:: Task requirements ::
Extract each line of the records below that contains the word "String".

(Stored items from a collection)
↓↓↓
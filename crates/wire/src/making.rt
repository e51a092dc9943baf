// What a wire is made over.
ghost use Rattle.std.specs.Prelude.{◌≡◌, length};
ghost use Rattle.wire.specs.Fit.{checked};
ghost use Rattle.wire.specs.State.{state, new_wire};

use crate::Wire;
use crate::hand::Hand;
use crate::packet::Packet;
use crate::packets::Packets;
use device::DeviceFault;

/// Packets that may wait.
pub const WAITING: usize = 8;

/// Whether the slots make a wire: to ask before one is made.
pub fn check(slots: &[Packet]) -> Result<(), DeviceFault>
    ensures { result ≡ checked (length slots.now) }
{
    if slots.len() != WAITING {
        return Err(DeviceFault::BadSlots);
    }
    Ok(())
}

impl<'a> Wire<'a> {
    /// A wire on which no packet waits and no order is in hand. It has room for as many packets as
    /// there are slots; the check refuses any number of slots but 8.
    pub fn new(slots: &'a mut [Packet]) -> Wire<'a>
        ensures { state result ≡ new_wire (length slots.old) }
    {
        let packets = Packets::new(slots);
        let hand = Hand::new();
        Wire { packets, hand }
    }
}
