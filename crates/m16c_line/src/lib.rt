// A listing's line for C, a crate of its own: the functions below are inlined into it only where they have one caller.

#![tactic(auto)]

ghost use Rattle.rows.specs.Groups.{document01};
ghost use Rattle.by_manual.specs.Table.{table_by};
ghost use Rattle.m16c_line.specs.Lined.{Lines};

use record::refusal;

// By document 01 or by the manual. (A bool, as in `decode::decode_by`.)
pub fn line_by(
    manual: bool,
    image: &[u8],
    at: usize,
    out: &mut [u8],
    line_length: &mut usize,
) -> u32
    ensures { Lines (table_by manual) image.now at out.old result line_length.new out.new }
{
    let written = match decode::decode_by(manual, image, at) {
        Ok(inst) => line::line(at, inst, out),
        Err(refused) => Err(refused.why),
    };
    refusal::leave(written, line_length)
}

// The listing's line of the instruction at a place of an image, without a newline, over the first bytes of a buffer. Returns 0 and leaves
// the line's length; or decoding's refusal, or 6 where the line has no room, with length 0 and the buffer as it was.
pub fn m16c_line(image: &[u8], at: usize, out: &mut [u8], line_length: &mut usize) -> u32
    ensures { Lines document01 image.now at out.old result line_length.new out.new }
{
    line_by(false, image, at, out, line_length)
}
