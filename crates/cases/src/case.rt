//! What a case is.
use std::alloc::{AllocError, Global};

/// How a stream is cut into reads.
#[derive(Drop)]
pub enum Cuts {
    /// Read k gives at most the k-th number of bytes, and a later one as many as fit.
    List(Vec<usize>),
    /// Each read gives at most so many bytes.
    Every(usize),
    /// One form of the case for each place inside the stream, which is cut in two there.
    Each,
    /// Each block is given by a read of its own, once the blocks before it were answered.
    Turns,
}

/// A stream that is read and one that is written.
#[derive(Drop)]
pub struct Streams {
    pub input: Vec<u8>,
    /// How long the blocks of the input are.
    pub blocks: Vec<usize>,
    pub cuts: Cuts,
    pub read_fails: Vec<u64>,
    pub put_fails: Vec<u64>,
    /// What must be written.
    pub out: Vec<u8>,
    /// How often a connection of the door stands.
    pub times: usize,
}

impl Streams {
    /// Streams of one connection of which nothing is said yet: nothing is read, and nothing must be
    /// written.
    pub fn new(alloc: Global) -> Streams {
        Streams {
            input: Vec::new(alloc),
            blocks: Vec::new(alloc),
            cuts: Cuts::List(Vec::new(alloc)),
            read_fails: Vec::new(alloc),
            put_fails: Vec::new(alloc),
            out: Vec::new(alloc),
            times: 1,
        }
    }
}

/// The words of a command line, and what the clock tells.
#[derive(Drop)]
pub struct Setting {
    pub words: Option<Vec<String>>,
    pub clock: Option<Vec<u64>>,
}

impl Setting {
    /// Neither is said yet.
    pub fn new() -> Setting {
        Setting {
            words: None,
            clock: None,
        }
    }
}

/// A case: what goes into a run, and what must come of it.
#[derive(Drop)]
pub struct Case {
    pub title: String,
    /// The number of the line of its title, from 1.
    pub line: usize,
    pub setting: Setting,
    pub streams: Streams,
    /// The text whose proper prefixes stand behind the input.
    pub tail: Vec<u8>,
    pub err_fails: Vec<u64>,
    pub answers: Vec<Vec<u8>>,
    pub link_fails: Vec<u64>,
    pub conns: Vec<Streams>,
    pub door_fails: Vec<u64>,
    /// What must be written to standard error.
    pub err: Vec<u8>,
    pub status: Option<u64>,
    pub left: Option<u64>,
    /// The exchanges that must be made over the link, as `push_exchange` writes them.
    pub asked: Vec<u8>,
    /// How many connections of the door must get just what they must.
    pub served: Option<u64>,
}

impl Case {
    /// A case of this title, which stands on that line, of which nothing else is said yet.
    pub fn new(alloc: Global, title: &str, line: usize) -> Result<Case, AllocError> {
        Ok(Case {
            title: String::from_str(alloc, title)?,
            line,
            setting: Setting::new(),
            streams: Streams::new(alloc),
            tail: Vec::new(alloc),
            err_fails: Vec::new(alloc),
            answers: Vec::new(alloc),
            link_fails: Vec::new(alloc),
            conns: Vec::new(alloc),
            door_fails: Vec::new(alloc),
            err: Vec::new(alloc),
            status: None,
            left: None,
            asked: Vec::new(alloc),
            served: None,
        })
    }

    /// In how many forms the case is played.
    pub fn forms(&self) -> usize {
        match self.streams.cuts {
            Cuts::Each => self.streams.input.len().saturating_sub(1),
            _ if self.tail.is_empty() => 1,
            _ => self.tail.len().saturating_sub(1),
        }
    }

    /// How many connections the door has.
    pub fn conn_count(&self) -> u64 {
        let mut count = 0u64;
        for streams in &self.conns {
            count = count.saturating_add(streams.times as u64);
        }
        count
    }

    /// The streams behind the last line `conn`, or those of the run.
    pub fn last_streams(&mut self) -> &mut Streams {
        match self.conns.last_mut() {
            Some(streams) => streams,
            None => &mut self.streams,
        }
    }
}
↑↑↑
:: Worked solution ::
    pub words: Option<Vec<String>>,
    pub title: String,
            title: String::from_str(alloc, title)?,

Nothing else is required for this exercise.